Sounds great to me! By the way, those convertions looks great https://github.com/tensorflow/mlir/tree/master/test/Conversion/GPUToSPIRV
Thannks @MaheshRavishankar for the good catch! I was actually implicitly thinking that way and didn't notice that it is not obvious to everyone. :)
I think we are already creating the spv.module inside the top-level model, so not embedded in gpu.kernel_module: https://github.com/tensorflow/mlir/blob/d342ff9507f952697f537309f73746ae78394bd3/lib/Conversion/GPUToSPIRV/ConvertGPUToSPIRVPass.cpp#L48-L57
But yes going directly from gpu.kernel_module instead of gpu.kernel is cleaner and we can have multiple entry points in the same spv.module! (We need to do more verification along the way too.)
@antiagainst : In top of tree now it is added just before the FuncOp
https://github.com/tensorflow/mlir/blob/5614db039b28026b5fe38aa96a21c4e6835d352b/lib/Conversion/GPUToSPIRV/ConvertGPUToSPIRVPass.cpp#L57
But the correct way is to convert the entire module into a spv.Module.
@denis0x0D : The conversion from GPU to SPIRV is changed now with 8c152c5771d590fca9c6b64b0bc6e9563175efb8 The CL introduces attributes that you use to specify the ABI for entry point functions.
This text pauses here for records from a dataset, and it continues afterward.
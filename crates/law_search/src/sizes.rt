//! A call of `to_usize` through the bound `ToUsize`.

ghost use Rattle.std.specs.Prelude.{◌≡◌, ◌≤◌};

use winnow_count::ToUsize;

/// Returns the number, called through the bound.
pub fn size<N: ToUsize>(number: &N) -> usize
    requires { N.number number.now ≤ usize.MAX }
    ensures { result ≡ N.number number.now }
{
    number.to_usize()
}
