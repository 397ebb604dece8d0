//! The head of a reply: a whole reply, if it is no array with replies in it, or the line with which
//! an array begins.

ghost use Rattle.std.specs.Prelude.{◌≡◌, ◌<◌, ◌≤◌, ◌^◌, ℕ, length, decimal};
ghost use Rattle.winnow_reader.specs.Answering.{FailsAt};
ghost use Rattle.format_resp.specs.Language.{is_in_line};
ghost use Rattle.format_resp.specs.Parts.{text_width};
ghost use Rattle.format_resp_events.specs.Heads.{BeginsArray, IsArrayHead, IsHead, BreaksWithin};

use crate::EventError;
use format_resp::{Cause, Reply, ReplyTo, cause_of};
use winnow_reader::{Next, ReadError, Record};
use winnow_scan::ScanReader;

/// What comes next of an input where a reply is due.
#[derive(Debug, Drop)]
pub(crate) enum Head {
    /// A whole reply. If it is an array, it has no replies
    Whole(Reply),
    /// The line with which an array of this number of replies begins
    Array(usize),
    /// Bytes that are not there yet
    NeedsMore,
    /// The end
    End,
}

/// Takes the head of the next reply, if its bytes are there. `deep` says that an array with replies
/// in it may not stand there. The reader is one of replies that stand in no array: it finds such an
/// array too deep, and all else that it finds damaged is damaged anywhere.
pub(crate) fn next_head(replies: &mut ScanReader<ReplyTo>, deep: bool) -> Result<Head, EventError>
    requires { replies.old.parser.depth ≡ 0 }
    ensures { IsHead deep replies.old result replies.new }
{
    match replies.read_next() {
        Ok(Next::Value(reply)) => Ok(Head::Whole(reply)),
        Ok(Next::NeedsMore) => Ok(Head::NeedsMore),
        Ok(Next::Done) => Ok(Head::End),
        Err(
            ReadError::Failed {
                error: _,
                place,
                is_cut: _,
            },
        ) => array_or_damage(replies, deep, place),
        Err(ReadError::TakesNothing { place: _ }) => unreachable!(),
        Err(ReadError::Refused(refused)) => Err(EventError::Refused(refused)),
    }
}

// Takes the line with which an array begins, if that is all that the reader fails at, and an array
// may stand there. Else the reply that is ahead breaks off at the place.
fn array_or_damage(
    replies: &mut ScanReader<ReplyTo>,
    deep: bool,
    place: usize,
) -> Result<Head, EventError>
    requires flat { replies.old.parser.depth ≡ 0 }
    requires fails { FailsAt ⟦<ReplyTo as Record>⟧.means replies.old place }
    ensures { IsHead deep replies.old result replies.new }
{
    let cause = cause_at(replies, place);
    let Cause::TooDeep = cause else {
        return Err(EventError::Damaged { place, cause });
    };
    if deep {
        return Err(EventError::Damaged { place, cause });
    }
    let head = array_head(replies.ahead());
    let _ = replies.skip(head.width);
    Ok(Head::Array(head.count))
}

// Returns the cause for which the reply that is ahead breaks off at the place.
fn cause_at(replies: &ScanReader<ReplyTo>, place: usize) -> Cause
    requires { FailsAt ⟦<ReplyTo as Record>⟧.means replies.now place }
    ensures { BreaksWithin replies.now.parser.depth replies.now place result }
{
    let ahead = replies.ahead();
    let width = place.saturating_sub(replies.place()).min(ahead.len());
    cause_of(&ahead[..width], &ahead[width..])
}

// The line with which an array begins: how many replies the array has, and how many bytes there are
// of the byte of its kind, the line and its end.
#[derive(Clone, Copy, Debug, Drop)]
struct ArrayHead {
    count: usize,
    width: usize,
}

// Returns whether a byte may stand in a line.
fn is_in_line(byte: u8) -> bool
    ensures { result ≡ is_in_line byte }
{
    !(byte == b'\r' || byte == b'\n')
}

// Returns the number of bytes before the first carriage return or newline.
fn text_width(bytes: &[u8]) -> usize
    ensures width { result ≡ text_width bytes.now }
    ensures within { result ≤ length bytes.now }
{
    bytes.iter().take_while(|byte| is_in_line(**byte)).count()
}

// Returns the line with which the array begins that is ahead.
fn array_head(ahead: &[u8]) -> ArrayHead
    requires { BeginsArray ahead.now }
    ensures { IsArrayHead ahead.now result }
{
    let after = &ahead[1..];
    let width = text_width(after);
    ArrayHead {
        count: count_in(&after[..width]),
        width: width + 3,
    }
}

// Returns the number that the text writes.
fn count_in(text: &[u8]) -> usize
    requires { (n : ℕ) × ((n < 2 ^ 64) × (text.now ≡ decimal n)) }
    ensures { text.now ≡ decimal result }
{
    let Ok(text) = str::from_utf8(text) else {
        unreachable!()
    };
    let Ok(count) = text.parse::<usize>() else {
        unreachable!()
    };
    count
}
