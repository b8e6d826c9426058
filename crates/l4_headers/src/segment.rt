use crate::L4;
use octets::Proto;

/// What a packet of TCP or UDP carries, once it was read: its transport header, which a later fragment lacks, and all octets
/// behind the headers of IP.
#[derive(Clone, Copy, Debug)]
pub struct Segment<'a> {
    pub proto: Proto,
    pub header: Option<L4>,
    pub payload: &'a [u8],
}
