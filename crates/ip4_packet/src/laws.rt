//! What holds of headers beyond one call. Each law is the contract of a function that does nothing.

ghost use Rattle.std.specs.Prelude.{◌≡◌, ◌↔◌, ℕ, List, Bool, IsTrue, Some, None};
ghost use Rattle.ip4_packet.specs.declared.head.Head4.{Head4 as Header};
ghost use Rattle.ip4_packet.specs.Options.{routed_in};
ghost use Rattle.ip4_packet.specs.OptionList.{AreOptions, AreRouted};

use crate::Head4;

/// Law: what is found in the options of a header by reading them from left to right is what their grammar
/// says (RFC 791, section 3.1), and nothing is found exactly where they are no list of options.
pub fn options_are_read_by_their_grammar()
    ensures routed { (octets : List ℕ) (routed : Bool) → (routed_in 0 octets ≡ Some routed) ↔ AreRouted octets routed }
    ensures none { (octets : List ℕ) → (routed_in 0 octets ≡ None) ↔ ((options : List (List ℕ)) → ¬ AreOptions octets options) }
{}

/// Law: two headers are `==` exactly where they are the same in each field.
pub fn equal_headers_are_the_same()
    ensures { (one other : Header) → IsTrue (⟦<Head4 as PartialEq>⟧.eq one other) ↔ (one ≡ other) }
{}
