ghost use Rattle.std.specs.Prelude.{◌≡◌, ◌+◌, ◌<◌, ◌≤◌, length, IfOk, OnOk, false};
ghost use Rattle.ip4_packet.specs.Written.{written4, header4, header_with, fragment_field, IsInRange};
ghost use Rattle.ip4_packet.specs.Fragment.{is_fragment};
ghost use Rattle.ip4_packet.specs.Grammar.{Is4};
ghost use Rattle.ip4_packet.specs.Causes.{HasNoHeaderCause4, IsSound4};

use crate::layout::{
    DESTINATION_AT, DONT_FRAGMENT, FRAGMENT_AT, HEADER_LEN, ID_AT, MORE_FRAGMENTS, PROTO_AT,
    SOURCE_AT, SUM_AT, TOS_AT, TOTAL_AT, TTL_AT, VERSION_AND_LEN, VERSION_AT,
};
use byteorder::{BigEndian, ByteOrder};
use octets::{Addr4, Bytes, NoMemory};
use std::alloc::Global;

/// The fields of an IPv4 packet's header (RFC 791, section 3.1).
#[derive(Clone, Copy, Debug, PartialEq, Eq, Hash)]
pub struct Head4 {
    /// The type of service.
    pub tos: u8,
    /// The identification.
    pub id: u16,
    /// Don't fragment.
    pub df: bool,
    /// More fragments follow.
    pub mf: bool,
    /// Where the fragment stands in the whole payload, in units of 8 octets: 0 to 8191.
    pub offset: u16,
    /// The time to live.
    pub ttl: u8,
    /// The protocol of the payload.
    pub proto: u8,
    /// The source.
    pub src: Addr4,
    /// The destination.
    pub dst: Addr4,
    /// Octets of the header with its options: 20 to 60, a multiple of 4.
    pub head_len: u8,
    /// Octets of the packet, its header among them.
    pub total: u16,
    /// An option is a source route that isn't spent yet.
    pub routed: bool,
}

impl Head4 {
    /// The flags and the offset.
    fn fragment_field(&self) -> u16
        requires { self.now.offset < 8192 }
        ensures { result ≡ fragment_field self.now }
    {
        let df = if self.df { DONT_FRAGMENT } else { 0 };
        let mf = if self.mf { MORE_FRAGMENTS } else { 0 };
        df + mf + self.offset
    }

    /// The header with a sum of 0.
    fn header_without_sum(&self) -> [u8; HEADER_LEN]
        requires { self.now.offset < 8192 }
        ensures header { result ≡ header_with self.now 0 }
        ensures in_range { IsInRange self.now }
    {
        let Head4 {
            tos,
            id,
            ttl,
            proto,
            src: Addr4(src),
            dst: Addr4(dst),
            total,
            ..
        } = *self;
        let mut header = [0; HEADER_LEN];
        header[VERSION_AT] = VERSION_AND_LEN;
        header[TOS_AT] = tos;
        BigEndian::write_u16(&mut header[TOTAL_AT..], total);
        BigEndian::write_u16(&mut header[ID_AT..], id);
        BigEndian::write_u16(&mut header[FRAGMENT_AT..], self.fragment_field());
        header[TTL_AT] = ttl;
        header[PROTO_AT] = proto;
        BigEndian::write_u32(&mut header[SOURCE_AT..], src);
        BigEndian::write_u32(&mut header[DESTINATION_AT..], dst);
        header
    }

    /// The header.
    fn header(&self) -> [u8; HEADER_LEN]
        requires { self.now.offset < 8192 }
        ensures header { result ≡ header4 self.now }
        ensures in_range { IsInRange self.now }
    {
        let mut header = self.header_without_sum();
        let check = inet_sum::check_of(inet_sum::sum(&header));
        BigEndian::write_u16(&mut header[SUM_AT..], check);
        header
    }

    /// Whether this is a fragment: more follow, or it is a later one (RFC 791, section 3.2).
    pub fn is_fragment(&self) -> bool
        ensures { result ≡ is_fragment self.now }
    {
        self.mf || self.offset != 0
    }

    /// The header alone as `write` has it, in memory with room for so many octets of payload behind it.
    pub fn write_front(&self, alloc: Global, room: usize) -> Result<Bytes, NoMemory>
        requires { self.now.offset < 8192 }
        ensures written { IfOk result (λ octets. octets ≡ header4 self.now) }
        ensures in_range { OnOk result (IsInRange self.now) }
    {
        let mut octets = Bytes::with_room(alloc, HEADER_LEN.saturating_add(room))?;
        octets.extend(&self.header())?;
        Ok(octets)
    }

    /// The packet with these fields and this payload, in the one form that is written (RFC 791,
    /// section 3.1): no options, the reserved flag 0, the right header sum, and nothing after the
    /// payload. `total` may be more than the octets that stand: so is an embedded packet written that
    /// was cut.
    pub fn write(&self, alloc: Global, payload: &[u8]) -> Result<Bytes, NoMemory>
        requires declared { 20 + length payload.now ≤ self.now.total }
        requires bare { self.now.head_len ≡ 20 }
        requires unrouted { self.now.routed ≡ false }
        requires offset { self.now.offset < 8192 }
        ensures written { IfOk result (λ octets. octets ≡ written4 self.now payload.now) }
        // What is written is read again as the same fields and payload.
        ensures again { IsSound4 self.now payload.now → IfOk result (λ octets. Is4 self.now payload.now octets × HasNoHeaderCause4 octets) }
    {
        let mut octets = self.write_front(alloc, payload.len())?;
        octets.extend(payload)?;
        Ok(octets)
    }
}
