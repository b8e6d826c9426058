ghost use Rattle.std.specs.Prelude.{◌≡◌, IfSome};

use crate::ports::{NO_PORTS, Ports};

/// The addresses and ports that a translated packet gets: its own, and those of the packet that an error embeds, whose ports
/// these are then. Of a query the source port is the identifier; only an error has inner addresses.
#[derive(Clone, Copy, Debug, PartialEq, Eq, Hash)]
pub struct Ends<A> {
    pub src: A,
    pub dst: A,
    pub inner_src: A,
    pub inner_dst: A,
    pub ports: Ports,
}

impl<A: Copy> Ends<A> {
    /// The ends of a packet of TCP or UDP, which has no inner ones that mean anything, and where it is a later fragment no ports.
    pub fn between(src: A, dst: A, ports: Option<Ports>) -> Ends<A>
        ensures source { result.src ≡ src }
        ensures destination { result.dst ≡ dst }
        ensures ports { IfSome ports (λ given. result.ports ≡ given) }
    {
        Ends {
            src,
            dst,
            inner_src: src,
            inner_dst: dst,
            ports: ports.unwrap_or(NO_PORTS),
        }
    }
}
So when you convert from GPU to SPIR-V dialect you add these attributes to the function arguments and function itself that describe various ABI related aspects (like storage class, descriptor_set, binding, etc for spv.globalVariables), as well as the workgroup size for the entry point function. A later pass (just before serialization) will materialize this ABI.
@MaheshRavishankar thanks for mention this!
Late to the game and just wanted to comment that it would be really awesome if we had a lowering for the host-side of the gpu dialect in the vulkan/SPIRV context, as well. I think by using a C++ library to implement a higher-level API should make the host-side code-generation part relatively straight forward. However, as far as I have been told, it still requires quite some code to write such C++ library.
I would not spend too much energy on the design of the C++ library's API and just build what makes sense for easy code generation. The host side of the dialect will likely evolve a fair bit so these abstractions won't be forever and the mlir-vulkan-runner is not meant to replace a real runtime, so simplicity is more important.
I would not spend too much energy on the design of the C++ library's API and just build what makes sense for easy code generation.
That's the approach that has been taken in the current pull request. You'll need thousands of lines of code to bootstrap a basic Vulkan compute shader. Right now that's all hidden in a single entry point runOnVulkan.